Saved data entries
▬▬▬▬▬▬▬▬▬▬

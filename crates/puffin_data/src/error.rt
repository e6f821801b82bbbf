ghost use Rattle.std.specs.Prelude.{◌≡◌};
ghost use Rattle.std.specs.IoError.{error_kind};
ghost use Rattle.puffin_data.specs.declared.error.Error.TheVariants.{Memory};
ghost use Rattle.puffin_data.specs.Cause.{error_number, error_name, io_kind_of};

use std::alloc::{AllocError, AllocFailed};
use std::{fmt, io};

/// A point in time or a duration, in nanoseconds.
pub type NanoSecond = i64;

/// The number of a frame, counted from 0.
pub type FrameIndex = u64;

/// A `Result` whose error is [`Error`], for calls of this crate and of the crates above it.
pub type Result<T> = std::result::Result<T, Error>;

/// Why a call failed. It displays as its name.
#[derive(Clone, Copy, Debug, PartialEq, Eq)]
pub enum Error {
    /// The bytes end within a scope, or a scope's id is 0.
    PrematureEnd,
    /// A scope doesn't begin with `(` or its end with `)`, a scope stops before it starts, its duration doesn't fit `i64`, or
    /// the second byte of a long text's length is 0 or indicates that a third follows.
    InvalidStream,
    /// A scope was begun and not ended.
    ScopeNeverEnded,
    /// A reader's offset is greater than the stream's length.
    InvalidOffset,
    /// A frame's joined range is reversed, for example because there are no scopes.
    Empty,
    /// A sum, a count or a merged number doesn't fit its type.
    TooLarge,
    /// A joined range isn't reversed, but its duration doesn't fit `i64`.
    RangeTooLong,
    /// The scope to be ended isn't the innermost open one.
    MismatchedEnd,
    /// A report was asked for while a scope is open.
    ScopesOpen,
    /// Scope details have no id, or a place isn't one of its thread's scopes.
    MissingId,
    /// The next id is 0 or doesn't fit `u32`.
    IdsExhausted,
    /// The frame index can't rise any further.
    IndexExhausted,
    /// No id is left for a new sink.
    SinkIdsExhausted,
    /// A merge met a scope that is nested in 1,024 others.
    TooDeep,
    /// A command names a thread that the session doesn't have.
    NoThread,
    /// An allocation, or a clone of an `Arc`, failed.
    Memory,
    /// Streams of different forms can't be joined.
    UnlikeForms,
}

impl Error {
    /// Returns the error's number: 1 for the first variant, and so on.
    pub fn number(self) -> u8
        ensures { result ≡ error_number self }
    {
        self as u8 + 1
    }

    /// Returns the error's name.
    pub fn name(self) -> &'static str
        ensures { result.now ≡ error_name self }
    {
        match self {
            Error::PrematureEnd => "PrematureEnd",
            Error::InvalidStream => "InvalidStream",
            Error::ScopeNeverEnded => "ScopeNeverEnded",
            Error::InvalidOffset => "InvalidOffset",
            Error::Empty => "Empty",
            Error::TooLarge => "TooLarge",
            Error::RangeTooLong => "RangeTooLong",
            Error::MismatchedEnd => "MismatchedEnd",
            Error::ScopesOpen => "ScopesOpen",
            Error::MissingId => "MissingId",
            Error::IdsExhausted => "IdsExhausted",
            Error::IndexExhausted => "IndexExhausted",
            Error::SinkIdsExhausted => "SinkIdsExhausted",
            Error::TooDeep => "TooDeep",
            Error::NoThread => "NoThread",
            Error::Memory => "Memory",
            Error::UnlikeForms => "UnlikeForms",
        }
    }
}

impl fmt::Display for Error {
    ghost use Rattle.std.specs.Prelude.{Some};
    ghost use Rattle.puffin_data.specs.Cause.{error_name};

    ghost output = { λ error. Some (error_name error) };

    fn fmt<W: fmt::Write>(&self, f: &mut fmt::Formatter<W>) -> fmt::Result {
        f.write_str(self.name())
    }
}

impl std::error::Error for Error {}

impl From<AllocError> for Error {
    ghost from_gives = { λ _ error. error ≡ Memory };

    fn from(_e: AllocError) -> Error {
        Error::Memory
    }
}

impl<T: Drop> From<AllocFailed<T>> for Error {
    ghost from_gives = { λ _ error. error ≡ Memory };

    fn from(_e: AllocFailed<T>) -> Error {
        Error::Memory
    }
}

/// `Memory` is an `OutOfMemory`. Any other cause is an `Other`, whose message is the cause's name.
impl From<Error> for io::Error {
    ghost from_gives = { λ cause error. error_kind error ≡ io_kind_of cause };

    fn from(cause: Error) -> io::Error {
        match cause {
            Error::Memory => io::Error::from(io::ErrorKind::OutOfMemory),
            cause => io::Error::other(cause.name()),
        }
    }
}
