ghost use Rattle.std.specs.Prelude.{◌≡◌};
ghost use Rattle.puffin_data.specs.declared.file_error.FileError.TheVariants.{Io, Memory};
ghost use Rattle.puffin_data.specs.Cause.{file_error_number, file_error_name, file_error_of};

use crate::error::Error;
use std::alloc::{AllocError, AllocFailed};
use std::{fmt, io};

/// Why a stream, a packet or a file couldn't be read or written. It displays as its name, followed by a space and the number or
/// error that it holds, if any.
#[derive(Clone, Copy, Debug, PartialEq, Eq)]
pub enum FileError {
    /// The reader or writer failed, or the writer took no byte.
    Io,
    /// The file doesn't begin with `PUF0`.
    NoMagic,
    /// The bytes end within a packet.
    Truncated,
    /// The packet has a version that is no longer read: `PFD0` or `PFD1`.
    Legacy,
    /// The packet has an unknown version.
    Newer,
    /// The streams are packed in an unknown way, identified by this kind.
    UnknownKind(u8),
    /// The streams are compressed with lz4 (kind 1) or zstd (kind 2), and can't be unpacked here.
    Compressed(u8),
    /// The meta part isn't the layout of a meta.
    BadMeta,
    /// The packed streams aren't a layout of streams.
    BadStreams,
    /// The last part isn't a list of scope details, or has an id of 0.
    BadScopes,
    /// The range in the meta part is reversed, or its duration doesn't fit `i64`.
    BadRange,
    /// A part of a packet has `2^32` bytes or more.
    PartTooLong,
    /// A call failed with this error, which is never `Memory`.
    Refused(Error),
    /// An allocation, or a clone of an `Arc`, failed.
    Memory,
}

impl FileError {
    /// Returns the error's number: 1 for the first variant, and so on.
    pub fn number(self) -> u8
        ensures { result ≡ file_error_number self }
    {
        match self {
            FileError::Io => 1,
            FileError::NoMagic => 2,
            FileError::Truncated => 3,
            FileError::Legacy => 4,
            FileError::Newer => 5,
            FileError::UnknownKind(_) => 6,
            FileError::Compressed(_) => 7,
            FileError::BadMeta => 8,
            FileError::BadStreams => 9,
            FileError::BadScopes => 10,
            FileError::BadRange => 11,
            FileError::PartTooLong => 12,
            FileError::Refused(_) => 13,
            FileError::Memory => 14,
        }
    }

    /// Returns the error's name, without what it holds.
    pub fn name(self) -> &'static str
        ensures { result.now ≡ file_error_name self }
    {
        match self {
            FileError::Io => "Io",
            FileError::NoMagic => "NoMagic",
            FileError::Truncated => "Truncated",
            FileError::Legacy => "Legacy",
            FileError::Newer => "Newer",
            FileError::UnknownKind(_) => "UnknownKind",
            FileError::Compressed(_) => "Compressed",
            FileError::BadMeta => "BadMeta",
            FileError::BadStreams => "BadStreams",
            FileError::BadScopes => "BadScopes",
            FileError::BadRange => "BadRange",
            FileError::PartTooLong => "PartTooLong",
            FileError::Refused(_) => "Refused",
            FileError::Memory => "Memory",
        }
    }
}

impl fmt::Display for FileError {
    ghost use Rattle.std.specs.Prelude.{Some};
    ghost use Rattle.puffin_data.specs.Cause.{file_error_text};

    ghost output = { λ error. Some (file_error_text error) };

    fn fmt<W: fmt::Write>(&self, f: &mut fmt::Formatter<W>) -> fmt::Result {
        match self {
            FileError::UnknownKind(kind) => write!(f, "UnknownKind {kind}"),
            FileError::Compressed(kind) => write!(f, "Compressed {kind}"),
            FileError::Refused(cause) => write!(f, "Refused {cause}"),
            _ => f.write_str(self.name()),
        }
    }
}

impl std::error::Error for FileError {}

impl From<AllocError> for FileError {
    ghost from_gives = { λ _ error. error ≡ Memory };

    fn from(_e: AllocError) -> FileError {
        FileError::Memory
    }
}

impl<T: Drop> From<AllocFailed<T>> for FileError {
    ghost from_gives = { λ _ error. error ≡ Memory };

    fn from(_e: AllocFailed<T>) -> FileError {
        FileError::Memory
    }
}

impl From<Error> for FileError {
    ghost from_gives = { λ cause error. error ≡ file_error_of cause };

    fn from(cause: Error) -> FileError {
        match cause {
            Error::Memory => FileError::Memory,
            cause => FileError::Refused(cause),
        }
    }
}

impl From<io::Error> for FileError {
    ghost from_gives = { λ _ error. error ≡ Io };

    fn from(_e: io::Error) -> FileError {
        FileError::Io
    }
}
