/// Joining two honest infos gives an honest one, unless both have bytes and their forms differ.
pub fn joined_infos()
    ensures { (first second : StreamFacts) (first_forest second_forest : Forest) →
        ¬ AreUnlike first second →
        AreHonestFacts first first_forest → AreHonestFacts second second_forest →
        AreHonestFacts (joined_facts first second) (append first_forest second_forest) }
{}

/// Bytes have at most one first fault, at one offset.
pub fn one_fault()
    ensures { (form : Form) (bytes : List ℕ) (place other_place : ℕ) (fault other : Error) →
        IsFirstFault form bytes place fault → IsFirstFault form bytes other_place other →
        (place ≡ other_place) × (fault ≡ other) }
{}

/// Bytes that spell a forest have no fault.
pub fn no_fault_in_a_spelling()
    ensures { (form : Form) (bytes : List ℕ) (forest : Forest) (fault : Error) →
        length bytes < 2 ^ 64 → Spells form bytes forest → IsFault form bytes fault → ⊥ }
{}

/// Each stream has exactly one list of the offsets of its sound scopes, which are those read without a fault. The offsets are
/// in strictly ascending order.
pub fn sounds_rise()
    ensures has { (form : Form) (bytes : List ℕ) →
        (places : List ℕ) × Sounds form bytes 0 (length bytes) places }
    ensures one { (form : Form) (bytes places others : List ℕ) →
        Sounds form bytes 0 (length bytes) places →
        Sounds form bytes 0 (length bytes) others → places ≡ others }
    ensures rise { (form : Form) (bytes places : List ℕ) →
        Sounds form bytes 0 (length bytes) places →
        IsStrictlyIncreasing places }
{}

/// For any bytes there is exactly one list of the sound scopes (those read without a fault), each with its offset and the
/// scopes around it. If the bytes spell a forest, these are the forest's scopes.
pub fn scopes_of_a_walk()
    ensures has { (form : Form) (bytes : List ℕ) →
        (placed : List PlacedScope) × Sees form bytes [] 0 (length bytes) placed }
    ensures one { (form : Form) (bytes : List ℕ) (placed others : List PlacedScope) →
        Sees form bytes [] 0 (length bytes) placed → Sees form bytes [] 0 (length bytes) others →
        placed ≡ others }
    ensures spelled { (form : Form) (bytes : List ℕ) (forest : Forest) (placed : List PlacedScope) →
        length bytes < 2 ^ 64 →
        Spells form bytes forest → Sees form bytes [] 0 (length bytes) placed →
        scopes_of placed ≡ nested_in [] forest }
{}

/// The fault of a walk is `PrematureEnd`, `InvalidStream` or `ScopeNeverEnded`.
pub fn faults_of_a_walk()
    ensures { (form : Form) (bytes : List ℕ) (fault : Error) → IsFault form bytes fault →
        (fault ≡ Error.PrematureEnd)
        ⊎ (fault ≡ Error.InvalidStream)
        ⊎ (fault ≡ Error.ScopeNeverEnded) }
{}

/// A balanced word is the tour of exactly one forest. The tour of two forests, one after the other, is the tour of the first
/// and then that of the second.
pub fn one_tour()
    ensures tour { (first second : Forest) → tour first ≡ tour second → first ≡ second }
    ensures balanced { (word : List Event) (one other : IsBalanced word) → one.0 ≡ other.0 }
    ensures joined { (first second : Forest) →
        tour (append first second) ≡ tour first ++ tour second }
{}

/// The measures of a forest, and the size of its spelling, are those of its tour. After the tour, no scope is open.
pub fn tour_measures()
    ensures size { (form : Form) (forest : Forest) →
        word_size form (tour forest) ≡ length (spelling form forest) }
    ensures begun { (forest : Forest) → num_begun (tour forest) ≡ scope_count forest }
    ensures open { (forest : Forest) → open_after 0 (tour forest) ≡ 0 }
    ensures most_open { (forest : Forest) → most_open 0 (tour forest) ≡ height forest }
    ensures least_open { (forest : Forest) → least_open (tour forest) ≡ least_start forest }
    ensures greatest_close { (forest : Forest) →
        greatest_close (tour forest) ≡ greatest_stop forest }
{}
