//! The bytes that a profiled thread writes: scopes as a stream, the strict walk over it, and the values of packets.
//!
//! A scope is written in two steps, when it begins and when it ends. A stream is a forest of scopes.
//!
//! | to | call |
//! |---|---|
//! | write a scope | [`data::Stream::begin_scope`] or [`data::Stream::begin_scope_at`], then [`data::Stream::end_scope`] |
//! | write scopes with texts of up to 16,383 bytes | [`data::Stream::with_form`] with [`data::Form::Long`] |
//! | check that bytes are scopes, and count them | [`data::StreamInfo::parse`], [`data::walk_forest`], [`data::Reader::count_scope_and_depth`] |
//! | visit each scope of a stream | [`data::walk_with`] a [`data::Visitor`] |
//! | iterate over the scopes of one level | [`data::Reader::from_start`] as an iterator, [`data::Reader::read_top_scopes`] |
//! | join two streams with their counts | [`data::StreamInfo::extend`] |
//! | read from and write to any device | [`data::Counted::new`] for a reader or writer of std, [`data::Buffered::new`] for a `BufRead`; [`data::read_to_end`], [`data::write_all`] |
//! | parse a decimal number of a text | [`parse_number`] |
//! | encode values as bytes, and decode them | [`wire`]: `put_u64` and the like, [`wire::Cursor`] |
//! | cite a law about definitions in a proof | [`laws`] |
#![tactic(auto)]

pub mod data;
mod error;
mod file_error;
pub mod laws;
mod number;
pub mod wire;

pub use error::{Error, FrameIndex, NanoSecond, Result};
pub use file_error::FileError;
pub use number::parse_number;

▬▬▬▬▬▬▬▬▬▬

Brief: Locate the lines above that hold the word "IndexExhausted". Show every one of them.

Written reply:
    IndexExhausted,
            Error::IndexExhausted => "IndexExhausted",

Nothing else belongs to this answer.